▶ **Exercise requirements**
Among the entries below, how many lines include "struct"? Answer with the number only.

▶ **Data in this exercise**
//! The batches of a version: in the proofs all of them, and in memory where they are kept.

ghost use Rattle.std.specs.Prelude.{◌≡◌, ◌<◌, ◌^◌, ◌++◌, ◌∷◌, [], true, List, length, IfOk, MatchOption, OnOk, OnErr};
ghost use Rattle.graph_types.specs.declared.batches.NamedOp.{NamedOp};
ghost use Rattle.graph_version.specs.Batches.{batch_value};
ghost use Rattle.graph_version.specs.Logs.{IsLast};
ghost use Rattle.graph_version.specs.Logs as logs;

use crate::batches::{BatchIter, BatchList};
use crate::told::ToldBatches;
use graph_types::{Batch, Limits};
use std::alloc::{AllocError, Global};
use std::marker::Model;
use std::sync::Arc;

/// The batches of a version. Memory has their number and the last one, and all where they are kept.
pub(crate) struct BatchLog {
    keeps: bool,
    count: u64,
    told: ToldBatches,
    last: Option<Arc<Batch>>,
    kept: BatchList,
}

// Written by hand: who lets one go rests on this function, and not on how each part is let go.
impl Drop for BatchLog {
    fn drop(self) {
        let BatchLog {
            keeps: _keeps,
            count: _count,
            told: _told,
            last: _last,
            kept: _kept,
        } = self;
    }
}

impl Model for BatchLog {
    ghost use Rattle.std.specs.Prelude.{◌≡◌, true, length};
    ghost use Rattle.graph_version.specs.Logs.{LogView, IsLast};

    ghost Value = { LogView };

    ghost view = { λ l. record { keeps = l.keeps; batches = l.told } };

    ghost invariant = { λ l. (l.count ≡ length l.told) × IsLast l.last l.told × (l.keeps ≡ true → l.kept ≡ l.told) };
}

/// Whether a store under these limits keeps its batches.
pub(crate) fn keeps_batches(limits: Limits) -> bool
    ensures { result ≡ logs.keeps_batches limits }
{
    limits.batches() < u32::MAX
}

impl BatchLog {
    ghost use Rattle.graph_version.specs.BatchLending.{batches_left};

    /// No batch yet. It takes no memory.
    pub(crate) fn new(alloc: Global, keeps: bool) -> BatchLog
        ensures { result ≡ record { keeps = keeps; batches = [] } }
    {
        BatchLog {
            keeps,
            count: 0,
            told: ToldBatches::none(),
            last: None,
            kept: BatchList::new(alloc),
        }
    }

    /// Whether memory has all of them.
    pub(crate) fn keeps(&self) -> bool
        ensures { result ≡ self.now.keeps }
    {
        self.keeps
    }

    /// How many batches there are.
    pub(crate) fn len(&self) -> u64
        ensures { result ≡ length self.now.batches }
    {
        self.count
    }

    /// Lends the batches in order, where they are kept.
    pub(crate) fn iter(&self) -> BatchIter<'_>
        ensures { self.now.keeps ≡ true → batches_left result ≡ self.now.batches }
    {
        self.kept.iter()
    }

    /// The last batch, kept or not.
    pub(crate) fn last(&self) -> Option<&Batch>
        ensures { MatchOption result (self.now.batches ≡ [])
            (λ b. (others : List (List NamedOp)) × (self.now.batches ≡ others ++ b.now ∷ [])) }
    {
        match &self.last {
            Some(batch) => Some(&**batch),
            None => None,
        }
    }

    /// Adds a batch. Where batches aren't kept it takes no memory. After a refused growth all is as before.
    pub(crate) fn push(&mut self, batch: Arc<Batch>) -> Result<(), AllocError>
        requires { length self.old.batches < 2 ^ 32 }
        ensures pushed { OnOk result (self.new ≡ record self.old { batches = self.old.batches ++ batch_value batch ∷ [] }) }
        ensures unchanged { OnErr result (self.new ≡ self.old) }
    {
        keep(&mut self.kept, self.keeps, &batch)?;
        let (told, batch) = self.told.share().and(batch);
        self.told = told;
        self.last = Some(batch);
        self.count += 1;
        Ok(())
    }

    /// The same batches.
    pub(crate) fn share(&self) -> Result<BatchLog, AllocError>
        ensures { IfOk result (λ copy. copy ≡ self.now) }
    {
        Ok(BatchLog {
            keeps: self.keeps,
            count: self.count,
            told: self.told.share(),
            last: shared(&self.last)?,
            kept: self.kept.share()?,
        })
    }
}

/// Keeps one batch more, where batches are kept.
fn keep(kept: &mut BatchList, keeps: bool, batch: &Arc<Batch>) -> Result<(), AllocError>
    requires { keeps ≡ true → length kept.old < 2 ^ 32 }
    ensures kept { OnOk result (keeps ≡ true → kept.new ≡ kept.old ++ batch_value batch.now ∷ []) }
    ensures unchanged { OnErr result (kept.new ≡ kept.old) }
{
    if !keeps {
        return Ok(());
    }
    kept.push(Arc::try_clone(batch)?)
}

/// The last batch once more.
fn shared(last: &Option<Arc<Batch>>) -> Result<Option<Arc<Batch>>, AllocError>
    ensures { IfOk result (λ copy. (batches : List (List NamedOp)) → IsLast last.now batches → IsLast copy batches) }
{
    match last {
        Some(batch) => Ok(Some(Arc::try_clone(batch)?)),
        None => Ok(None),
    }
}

* * *

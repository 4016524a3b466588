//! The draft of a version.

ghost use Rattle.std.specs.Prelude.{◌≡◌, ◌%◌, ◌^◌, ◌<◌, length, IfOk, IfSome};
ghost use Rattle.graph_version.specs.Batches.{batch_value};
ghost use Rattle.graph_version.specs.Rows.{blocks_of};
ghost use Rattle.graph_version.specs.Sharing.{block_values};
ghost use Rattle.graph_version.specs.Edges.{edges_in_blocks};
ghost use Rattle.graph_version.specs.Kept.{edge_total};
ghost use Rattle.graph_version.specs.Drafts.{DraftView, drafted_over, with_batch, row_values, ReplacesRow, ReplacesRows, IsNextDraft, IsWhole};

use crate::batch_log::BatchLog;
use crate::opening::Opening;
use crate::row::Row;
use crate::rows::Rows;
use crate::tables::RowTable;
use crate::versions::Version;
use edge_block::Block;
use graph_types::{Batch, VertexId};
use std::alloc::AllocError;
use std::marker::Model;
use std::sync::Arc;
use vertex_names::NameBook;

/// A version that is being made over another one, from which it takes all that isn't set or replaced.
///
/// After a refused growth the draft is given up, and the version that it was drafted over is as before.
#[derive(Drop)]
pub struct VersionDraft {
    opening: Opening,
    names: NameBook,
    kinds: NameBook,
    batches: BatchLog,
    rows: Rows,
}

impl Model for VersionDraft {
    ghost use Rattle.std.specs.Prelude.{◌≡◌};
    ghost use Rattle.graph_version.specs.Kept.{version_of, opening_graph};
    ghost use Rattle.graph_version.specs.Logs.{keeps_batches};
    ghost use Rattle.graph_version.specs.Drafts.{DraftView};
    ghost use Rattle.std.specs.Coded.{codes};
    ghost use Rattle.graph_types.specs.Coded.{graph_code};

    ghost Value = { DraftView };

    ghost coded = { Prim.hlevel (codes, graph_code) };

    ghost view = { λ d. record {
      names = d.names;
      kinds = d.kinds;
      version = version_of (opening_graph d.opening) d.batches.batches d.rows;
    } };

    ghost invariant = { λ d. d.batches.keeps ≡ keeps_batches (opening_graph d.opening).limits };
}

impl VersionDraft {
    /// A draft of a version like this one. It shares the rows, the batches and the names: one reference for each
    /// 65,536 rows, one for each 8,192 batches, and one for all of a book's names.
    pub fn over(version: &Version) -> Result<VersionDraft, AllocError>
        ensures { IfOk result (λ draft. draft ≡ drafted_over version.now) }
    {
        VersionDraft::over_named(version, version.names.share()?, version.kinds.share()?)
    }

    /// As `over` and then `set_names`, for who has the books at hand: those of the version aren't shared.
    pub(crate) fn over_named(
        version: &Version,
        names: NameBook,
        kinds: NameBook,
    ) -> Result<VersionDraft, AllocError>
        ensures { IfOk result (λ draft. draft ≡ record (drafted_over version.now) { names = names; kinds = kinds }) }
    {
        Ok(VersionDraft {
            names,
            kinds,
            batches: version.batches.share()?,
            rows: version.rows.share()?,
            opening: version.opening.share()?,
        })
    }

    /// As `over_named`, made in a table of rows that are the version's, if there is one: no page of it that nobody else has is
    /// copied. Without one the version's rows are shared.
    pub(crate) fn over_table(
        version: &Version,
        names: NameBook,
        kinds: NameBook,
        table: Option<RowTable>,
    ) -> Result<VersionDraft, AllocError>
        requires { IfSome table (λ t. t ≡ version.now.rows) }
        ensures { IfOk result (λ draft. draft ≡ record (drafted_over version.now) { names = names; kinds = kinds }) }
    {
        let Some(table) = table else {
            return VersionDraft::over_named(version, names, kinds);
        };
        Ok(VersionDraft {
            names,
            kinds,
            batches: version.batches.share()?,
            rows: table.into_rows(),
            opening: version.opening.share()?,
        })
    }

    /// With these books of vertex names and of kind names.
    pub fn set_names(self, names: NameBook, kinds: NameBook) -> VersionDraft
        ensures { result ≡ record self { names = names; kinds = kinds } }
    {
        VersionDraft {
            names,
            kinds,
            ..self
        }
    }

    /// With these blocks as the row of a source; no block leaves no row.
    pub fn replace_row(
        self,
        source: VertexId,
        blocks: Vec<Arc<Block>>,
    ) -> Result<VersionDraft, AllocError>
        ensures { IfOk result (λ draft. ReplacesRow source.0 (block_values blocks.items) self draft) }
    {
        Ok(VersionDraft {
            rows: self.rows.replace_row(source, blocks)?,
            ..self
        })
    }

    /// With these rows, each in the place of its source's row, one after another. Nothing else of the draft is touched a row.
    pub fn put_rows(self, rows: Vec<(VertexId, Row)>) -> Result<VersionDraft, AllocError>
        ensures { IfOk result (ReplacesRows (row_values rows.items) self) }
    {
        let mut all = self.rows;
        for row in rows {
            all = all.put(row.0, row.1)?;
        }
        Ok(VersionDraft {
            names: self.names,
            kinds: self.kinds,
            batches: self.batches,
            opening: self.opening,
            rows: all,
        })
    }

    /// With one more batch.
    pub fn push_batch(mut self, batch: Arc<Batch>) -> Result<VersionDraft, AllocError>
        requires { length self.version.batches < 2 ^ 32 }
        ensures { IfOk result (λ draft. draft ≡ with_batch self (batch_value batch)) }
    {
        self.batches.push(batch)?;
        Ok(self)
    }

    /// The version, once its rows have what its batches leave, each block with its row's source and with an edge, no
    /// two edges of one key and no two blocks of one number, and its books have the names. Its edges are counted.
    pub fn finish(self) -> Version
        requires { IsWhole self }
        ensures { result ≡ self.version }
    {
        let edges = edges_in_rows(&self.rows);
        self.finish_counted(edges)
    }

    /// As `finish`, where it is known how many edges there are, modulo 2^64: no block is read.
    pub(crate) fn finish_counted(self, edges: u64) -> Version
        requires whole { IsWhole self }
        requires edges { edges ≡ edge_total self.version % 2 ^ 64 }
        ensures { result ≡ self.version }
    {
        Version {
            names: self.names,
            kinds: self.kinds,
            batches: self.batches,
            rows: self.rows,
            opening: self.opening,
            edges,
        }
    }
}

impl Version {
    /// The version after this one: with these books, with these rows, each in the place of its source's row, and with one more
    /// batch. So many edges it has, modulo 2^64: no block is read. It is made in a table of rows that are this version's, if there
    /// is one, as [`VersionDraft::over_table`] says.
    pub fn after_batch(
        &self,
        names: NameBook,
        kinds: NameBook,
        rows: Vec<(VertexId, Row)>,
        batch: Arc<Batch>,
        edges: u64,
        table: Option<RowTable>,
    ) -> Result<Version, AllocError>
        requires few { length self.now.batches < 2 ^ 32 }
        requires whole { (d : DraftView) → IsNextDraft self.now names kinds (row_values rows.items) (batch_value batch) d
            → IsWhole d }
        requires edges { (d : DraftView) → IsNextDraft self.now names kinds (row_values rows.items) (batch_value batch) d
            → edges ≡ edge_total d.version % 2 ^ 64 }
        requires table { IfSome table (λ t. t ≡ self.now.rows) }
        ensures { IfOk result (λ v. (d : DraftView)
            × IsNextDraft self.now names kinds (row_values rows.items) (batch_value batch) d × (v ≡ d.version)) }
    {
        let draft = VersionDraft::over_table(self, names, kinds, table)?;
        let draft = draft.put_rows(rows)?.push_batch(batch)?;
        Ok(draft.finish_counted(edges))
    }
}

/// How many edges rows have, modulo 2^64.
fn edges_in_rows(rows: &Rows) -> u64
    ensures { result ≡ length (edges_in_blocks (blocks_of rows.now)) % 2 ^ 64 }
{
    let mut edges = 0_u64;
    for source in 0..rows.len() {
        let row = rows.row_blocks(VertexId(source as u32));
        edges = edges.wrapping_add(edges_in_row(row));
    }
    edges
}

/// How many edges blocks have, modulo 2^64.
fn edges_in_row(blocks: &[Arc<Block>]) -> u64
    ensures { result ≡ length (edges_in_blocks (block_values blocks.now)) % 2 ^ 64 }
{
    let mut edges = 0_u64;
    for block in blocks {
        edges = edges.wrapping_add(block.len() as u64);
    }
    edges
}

▶ **Task result**
2